- [TO DO]
Your reply must contain exactly the lines running from the one with "limit, reader, writer)" to the last line of the entries below, both included, and no other lines.

- [DATA UNDER STUDY]
^^^^^^^^^^^^^^^^
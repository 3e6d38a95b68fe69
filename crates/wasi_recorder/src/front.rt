//! Runs a script on the answers of a log that was cut.

ghost use Rattle.std.specs.Prelude.{◌≡◌, ◌<◌, ◌^◌, true, None, IfOk, IfErr, length};
ghost use Rattle.std.specs.List.{list_all};
ghost use Rattle.wasi_world.specs.Contexts.{AreNumbered};
ghost use Rattle.wasi_replay.specs.Recorded.{fits_entry};
ghost use Rattle.wasi_recorder.specs.Front.{FrontReplayed, FrontStops, FinishesFront};
ghost use Rattle.wasi_recorder.specs.Front.{WritesReplies, FinishesAsWhole};
ghost use Rattle.wasi_recorder.specs.Causes.{Causes, ReplayCompletes};

use crate::replaying::{ReplayEnd, finish, first_difference};
use std::alloc::{AllocError, Global};
use std::marker::Brand;
use wasi_addr::IpSocketAddress;
use wasi_replay::{Recorded, ReplayWorld};
use wasi_run::{RunEnd, RunError, run_script};
use wasi_world::{Call, Entry, OpId, Sock, Told, WasiSocketsCtx, World};
use world_io::{GrowingSink, Sink, Source, write_all};

/// How a replay of a log that was cut ended.
#[derive(Clone, Copy, Debug, PartialEq, Eq)]
pub enum FrontEnd {
    /// The run asked just what is recorded, and then more: the replies to the lines before were
    /// written.
    LogEnds,
    /// It ended as on a whole log.
    Of(ReplayEnd),
}

/// A world that answers from a log as long as each call is the next that is recorded, and is out of
/// memory at the first call behind the last of the log: so the run ends there. A call that differs
/// before is answered as [`ReplayWorld`] does.
#[derive(Drop)]
struct FrontWorld<R: Recorded> {
    inner: ReplayWorld<R>,
    count: usize,
}

impl<R: Recorded> FrontWorld<R> {
    /// Whether all that is recorded was asked, and nothing else.
    fn is_at_end(&self) -> bool {
        is_at_end(self.inner.differs(), self.inner.entries().len(), self.count)
    }
}

impl<R: Recorded> World for FrontWorld<R> {
    ghost use Rattle.std.specs.Prelude.{Some, take};
    ghost use Rattle.wasi_world.specs.Script.{without_plan};
    ghost use Rattle.wasi_replay.specs.Replayed.{seen_of};

    ghost seen = { λ world. seen_of (take world.inner.made world.inner.entries.items)
        world.inner.ended world.inner.closings world.inner.faults };

    ghost closed = { λ world. world.inner.closed };

    ghost scripted = { λ world. without_plan (Some (take world.inner.made
        world.inner.entries.items)) };

    fn call(&mut self, op: OpId, call: Call) -> Result<Told, AllocError> {
        if self.is_at_end() {
            return Err(AllocError);
        }
        self.inner.call(op, call)
    }

    fn write(&mut self, op: OpId, sock: Sock, bytes: &[u8]) -> Result<Told, AllocError> {
        if self.is_at_end() {
            return Err(AllocError);
        }
        self.inner.write(op, sock, bytes)
    }

    fn send(
        &mut self,
        op: OpId,
        sock: Sock,
        addr: IpSocketAddress,
        bytes: &[u8],
    ) -> Result<Told, AllocError> {
        if self.is_at_end() {
            return Err(AllocError);
        }
        self.inner.send(op, sock, addr, bytes)
    }

    fn end(&mut self) {
        self.inner.end();
    }

    fn close_after_end(&mut self, sock: Sock) {
        self.inner.close_after_end(sock);
    }
}

/// Whether all that is recorded was asked, and nothing else.
fn is_at_end(differs: Option<u32>, made: usize, count: usize) -> bool
    ensures { result ≡ true → (differs ≡ None) × (made ≡ count) }
{
    differs.is_none() && made == count
}

/// Writes the replies to the lines before the log ended.
fn write_replies<K: Sink>(replies: &[u8], writer: &mut K) -> Result<FrontEnd, RunError>
    ensures { WritesReplies replies.now (K.writing writer.old) (K.writing writer.new) result }
{
    match write_all(writer, replies) {
        Ok(()) => Ok(FrontEnd::LogEnds),
        Err(_) => Err(RunError::WriteFault),
    }
}

/// Ends a replay as on a whole log.
fn finish_as_whole<K: Sink>(
    outcome: Result<RunEnd, RunError>,
    differs: Option<u32>,
    replies: &[u8],
    writer: &mut K,
) -> Result<FrontEnd, RunError>
    ensures { FinishesAsWhole outcome differs replies.now (K.writing writer.old)
        (K.writing writer.new) result }
{
    match finish(outcome, differs, replies, writer) {
        Ok(end) => Ok(FrontEnd::Of(end)),
        Err(error) => Err(error),
    }
}

/// Ends a replay whose replies are these bytes, of which none were written.
fn finish_front<K: Sink>(
    outcome: Result<RunEnd, RunError>,
    at_end: bool,
    differs: Option<u32>,
    replies: &[u8],
    writer: &mut K,
) -> Result<FrontEnd, RunError>
    ensures { FinishesFront outcome at_end differs replies.now (K.writing writer.old)
        (K.writing writer.new) result }
{
    match outcome {
        Err(RunError::Memory) if at_end => write_replies(replies, writer),
        outcome => finish_as_whole(outcome, differs, replies, writer),
    }
}

/// Runs the script on the answers of the recorded log, of which proofs know.
fn replay_front_on<R: Recorded, S: Source, K: Sink>(
    alloc: Global,
    recorded: Vec<Entry>,
    contexts: &mut Vec<WasiSocketsCtx>,
    limit: u32,
    reader: &mut S,
    writer: &mut K,
) -> Result<FrontEnd, RunError>
    requires recorded { recorded.items ≡ R.recorded }
    requires entries { length recorded.items < 4294967295 }
    requires fits { list_all fits_entry recorded.items ≡ true }
    requires few { length contexts.old.items < 2 ^ 32 }
    requires numbered { AreNumbered contexts.old.items }
    ensures done { IfOk result (λ end. FrontReplayed contexts.old.items R.recorded limit
        (S.reading reader.old) (S.reading reader.new) (K.writing writer.old)
        (K.writing writer.new) end) }
    ensures stopped { IfErr result (λ e. FrontStops contexts.old.items R.recorded limit
        (S.reading reader.old) (S.reading reader.new) (K.writing writer.old)
        (K.writing writer.new) e) }
    ensures cause { IfErr result (λ e. Causes (length contexts.old.items) limit
        (S.reading reader.old) (S.reading reader.new) e) }
    ensures complete { ReplayCompletes (length contexts.old.items) limit
        (S.reading reader.old) (S.reading reader.new) (K.writing writer.old)
        (K.writing writer.new) result }
    ensures contexts { contexts.new.items ≡ contexts.old.items }
{
    let count = recorded.len();
    let inner = ReplayWorld::<R>::new(recorded);
    let mut world = FrontWorld { inner, count };
    let mut replies = GrowingSink::new(alloc);
    let outcome = run_script(alloc, &mut world, contexts, limit, reader, &mut replies);
    let made = world.inner.entries().len();
    let first = world.inner.differs();
    let at_end = is_at_end(first, made, count);
    let place = first_difference(first, made, count);
    finish_front(outcome, at_end, place, replies.bytes(), writer)
}

/// Runs the script that the reader gives on the answers of a log that was cut. Where the run asks
/// just what is recorded and then more, it ends there, and the replies to the lines before are
/// written; else it ends as [`crate::replay`] does.
pub fn replay_front<S: Source, K: Sink>(
    alloc: Global,
    recorded: Vec<Entry>,
    contexts: &mut Vec<WasiSocketsCtx>,
    limit: u32,
    reader: &mut S,
    writer: &mut K,
) -> Result<FrontEnd, RunError>
    requires entries { length recorded.items < 4294967295 }
    requires fits { list_all fits_entry recorded.items ≡ true }
    requires few { length contexts.old.items < 2 ^ 32 }
    requires numbered { AreNumbered contexts.old.items }
    ensures done { IfOk result (λ end. FrontReplayed contexts.old.items recorded.items limit
        (S.reading reader.old) (S.reading reader.new) (K.writing writer.old)
        (K.writing writer.new) end) }
    ensures stopped { IfErr result (λ e. FrontStops contexts.old.items recorded.items limit
        (S.reading reader.old) (S.reading reader.new) (K.writing writer.old)
        (K.writing writer.new) e) }
    ensures cause { IfErr result (λ e. Causes (length contexts.old.items) limit
        (S.reading reader.old) (S.reading reader.new) e) }
    ensures complete { ReplayCompletes (length contexts.old.items) limit
        (S.reading reader.old) (S.reading reader.new) (K.writing writer.old)
        (K.writing writer.new) result }
    ensures contexts { contexts.new.items ≡ contexts.old.items }
{
    replay_front_on::<Brand, S, K>(alloc, recorded, contexts, limit, reader, writer)
}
^^^^^^^^^^^^^^^^
- [TASK OUTPUT]
    replay_front_on::<Brand, S, K>(alloc, recorded, contexts, limit, reader, writer)
}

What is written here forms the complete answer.